If this is the case, I would not fault anyone who finds “Game of Thrones” unendurable, and chooses not to continue. Given the reaction to this sequence, I can imagine a number of other events from the novels that might be similar flash points in the episodes yet to come. We can certainly argue over whether or not there might have been another way to disrupt Jaime’s redemption without having him cause grievous harm to another significant character, and specifically, about whether “Game of Thrones” could have used some other sort of transgression to effect that shift in the story. Certainly, this will inflect both Cersei and Jaime’s arcs in the show, bending them away from Martin’s original meanings, and I can see ways that change could be good or extremely ill.

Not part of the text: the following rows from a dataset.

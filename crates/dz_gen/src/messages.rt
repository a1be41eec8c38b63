//! The messages of transfers, and requests.
ghost use Rattle.std.specs.Prelude.{◌≡◌, ◌≤◌, ◌++◌, [], ◌∷◌, length, IfOk, codes};
ghost use Rattle.dz_gen.specs.Records.{member, first_records, first_digest as first_digests};
ghost use Rattle.dz_gen.specs.Messages.{question, message, response, query, catalog_begins, catalog_member};
ghost use Rattle.dz_gen.specs.Messages.{catalog_ends, catalog_changes, part_of, whole_of, changes, changes_of};
ghost use Rattle.dz_message.specs.Writing.{message_octets};
ghost use Rattle.dz_message.specs.Answers.{IsWritten};
ghost use Rattle.dz_name.specs.Name.{IsName};

use crate::records::{
    catalog, first_digest, first_records, group, hourly, is_strict, mail, node, second_digest, soa,
    version_property, zone,
};
use crate::script::ZONES;
use crate::texts::named;
use dz_header::{Header, Question};
use dz_message::{Message, WriteError, push_frame, write_message};
use dz_name::dns::{CLASS_IN, MESSAGE_OCTETS, TYPE_A, TYPE_AXFR, TYPE_IXFR, TYPE_NS};
use dz_name::{Name, Octets};
use dz_record::Rr;
use std::alloc::{AllocError, Global};

/// QR and AA.
const RESPONSE: u16 = 0x8400;

/// One question of class IN.
fn question(alloc: Global, name: &Name, kind: u16) -> Result<Vec<Question>, AllocError>
    ensures { IfOk result (λ questions. questions.items ≡ question name.now kind ∷ []) }
{
    let mut questions = Vec::new(alloc);
    questions.push(Question {
        name: *name,
        kind,
        class: CLASS_IN,
    })?;
    Ok(questions)
}

/// A message that isn't too long.
fn message(
    alloc: Global,
    id: u16,
    flags: u16,
    questions: Vec<Question>,
    answers: Vec<Rr>,
) -> Result<Octets, AllocError>
    requires { length (message_octets (message id flags questions.items answers.items))
        ≤ MESSAGE_OCTETS }
    ensures written { IfOk result
        (λ octets. IsWritten (message id flags questions.items answers.items) (Ok octets)) }
{
    let counts = [questions.len() as u16, answers.len() as u16, 0, 0];
    let header = Header { id, flags, counts };
    match write_message(alloc, &Message::new(header, questions, answers)) {
        Ok(octets) => Ok(octets),
        Err(WriteError::OutOfMemory) => Err(AllocError),
        Err(WriteError::TooLong) => unreachable!(),
    }
}

/// A response, preceded by its length.
fn response(
    alloc: Global,
    id: u16,
    questions: Vec<Question>,
    answers: Vec<Rr>,
) -> Result<Vec<u8>, AllocError>
    requires { length (message_octets (message id RESPONSE questions.items answers.items))
        ≤ MESSAGE_OCTETS }
    ensures { IfOk result (λ octets. octets.items ≡ response id questions.items answers.items) }
{
    let octets = message(alloc, id, RESPONSE, questions, answers)?;
    let mut framed = Vec::new(alloc);
    push_frame(&mut framed, octets.as_slice())?;
    Ok(framed)
}

/// A query for an address.
pub(crate) fn query(alloc: Global, id: u16, name: &Name) -> Result<Octets, AllocError>
    requires { IsName name.now }
    ensures { IfOk result (λ octets. octets ≡ query id name.now) }
{
    message(
        alloc,
        id,
        0,
        question(alloc, name, TYPE_A)?,
        Vec::new(alloc),
    )
}

/// The first message of the catalog.
pub(crate) fn catalog_begins(alloc: Global) -> Result<Vec<u8>, AllocError>
    ensures { IfOk result (λ octets. octets.items ≡ catalog_begins) }
{
    let apex = catalog();
    let server = named(b"invalid.").wire().to_vec(alloc)?;
    let mut answers = Vec::new(alloc);
    answers.push(soa(alloc, &apex, 1)?)?;
    answers.push(hourly(alloc, apex, TYPE_NS, server)?)?;
    answers.push(version_property(alloc)?)?;
    response(alloc, 1, question(alloc, &apex, TYPE_AXFR)?, answers)
}

/// The message with a zone's member node.
pub(crate) fn catalog_member(alloc: Global, k: u16) -> Result<Vec<u8>, AllocError>
    requires some { 1 ≤ k }
    requires few { k ≤ ZONES }
    ensures { IfOk result (λ octets. octets.items ≡ catalog_member k) }
{
    let answers = member(alloc, k)?;
    response(alloc, 1, Vec::new(alloc), answers)
}

/// The records of a zone's member node.
fn member(alloc: Global, k: u16) -> Result<Vec<Rr>, AllocError>
    requires some { 1 ≤ k }
    requires few { k ≤ ZONES }
    ensures { IfOk result (λ answers. answers.items ≡ member k) }
{
    let mut answers = Vec::new(alloc);
    answers.push(node(alloc, b"m", k)?)?;
    if is_strict(k) {
        answers.push(group(alloc, k)?)?;
    }
    Ok(answers)
}

/// The last message of the catalog.
pub(crate) fn catalog_ends(alloc: Global) -> Result<Vec<u8>, AllocError>
    ensures { IfOk result (λ octets. octets.items ≡ catalog_ends) }
{
    let mut answers = Vec::new(alloc);
    answers.push(soa(alloc, &catalog(), 1)?)?;
    response(alloc, 1, Vec::new(alloc), answers)
}

/// The differences that bring the first member under another label.
pub(crate) fn catalog_changes(alloc: Global, id: u16) -> Result<Vec<u8>, AllocError>
    ensures { IfOk result (λ octets. octets.items ≡ catalog_changes id) }
{
    let apex = catalog();
    let mut answers = Vec::new(alloc);
    answers.push(soa(alloc, &apex, 2)?)?;
    answers.push(soa(alloc, &apex, 1)?)?;
    answers.push(node(alloc, b"m", 1)?)?;
    answers.push(group(alloc, 1)?)?;
    answers.push(soa(alloc, &apex, 2)?)?;
    answers.push(node(alloc, b"r", 1)?)?;
    answers.push(soa(alloc, &apex, 2)?)?;
    response(alloc, id, question(alloc, &apex, TYPE_IXFR)?, answers)
}

/// The version of a zone with serial 1, without the closing SOA.
pub(crate) fn part_of(alloc: Global, id: u16, k: u16) -> Result<Vec<u8>, AllocError>
    requires some { 1 ≤ k }
    requires few { k ≤ ZONES }
    ensures { IfOk result (λ octets. octets.items ≡ part_of id k) }
{
    let apex = zone(alloc, k)?;
    let answers = first_answers(alloc, k)?;
    response(alloc, id, question(alloc, &apex, TYPE_AXFR)?, answers)
}

/// The version of a zone with serial 1.
pub(crate) fn whole_of(alloc: Global, id: u16, k: u16) -> Result<Vec<u8>, AllocError>
    requires some { 1 ≤ k }
    requires few { k ≤ ZONES }
    ensures { IfOk result (λ octets. octets.items ≡ whole_of id k) }
{
    let apex = zone(alloc, k)?;
    let mut answers = first_answers(alloc, k)?;
    answers.push(soa(alloc, &apex, 1)?)?;
    response(alloc, id, question(alloc, &apex, TYPE_AXFR)?, answers)
}

/// The records of serial 1, with their digest.
fn first_answers(alloc: Global, k: u16) -> Result<Vec<Rr>, AllocError>
    requires some { 1 ≤ k }
    requires few { k ≤ ZONES }
    ensures { IfOk result (λ answers. answers.items ≡ first_records k ++ first_digests k) }
{
    let mut answers = first_records(alloc, k)?;
    if is_strict(k) {
        answers.push(first_digest(alloc, k)?)?;
    }
    Ok(answers)
}

/// The differences of a zone from serial 1 to serial 2.
pub(crate) fn changes_of(alloc: Global, id: u16, k: u16) -> Result<Vec<u8>, AllocError>
    requires some { 1 ≤ k }
    requires few { k ≤ ZONES }
    ensures { IfOk result (λ octets. octets.items ≡ changes_of id k) }
{
    let apex = zone(alloc, k)?;
    let answers = changes(alloc, k)?;
    response(alloc, id, question(alloc, &apex, TYPE_IXFR)?, answers)
}

/// The records of those differences.
fn changes(alloc: Global, k: u16) -> Result<Vec<Rr>, AllocError>
    requires some { 1 ≤ k }
    requires few { k ≤ ZONES }
    ensures { IfOk result (λ answers. answers.items ≡ changes k) }
{
    let apex = zone(alloc, k)?;
    let mut changes = Vec::new(alloc);
    changes.push(soa(alloc, &apex, 2)?)?;
    changes.push(soa(alloc, &apex, 1)?)?;
    if is_strict(k) {
        changes.push(first_digest(alloc, k)?)?;
    }
    changes.push(soa(alloc, &apex, 2)?)?;
    changes.push(mail(alloc, k)?)?;
    if is_strict(k) {
        changes.push(second_digest(alloc, k)?)?;
    }
    changes.push(soa(alloc, &apex, 2)?)?;
    Ok(changes)
}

But for me, there was something striking about the juxtaposition of this scene with Joffrey’s death in the episode before. That was a grim and nasty murder, but one that felt easy to revel in because of Joff’s persistent nastiness, particularly his strong streak of sexual sadism. Jaime’s rape of Cersei suggests that Joff’s propensity for sexual violence may be as much the legacy of his biological father as his acknowledged one. Just as the manner of Joffrey’s death made us complicit in his love of violence, Jaime’s rape of Cersei revealed just how much we’d all bought into the redemption narrative of a man we met when he tried to kill a child, telling Cersei that it was an example of “the things I do for love.” Joffrey may have died by poisoning, but the scene between his parents after his death reminds us that Joffrey, Jaime and almost every other man on “Game of Thrones” has been drinking a non-lethal dose of the same venom for generations.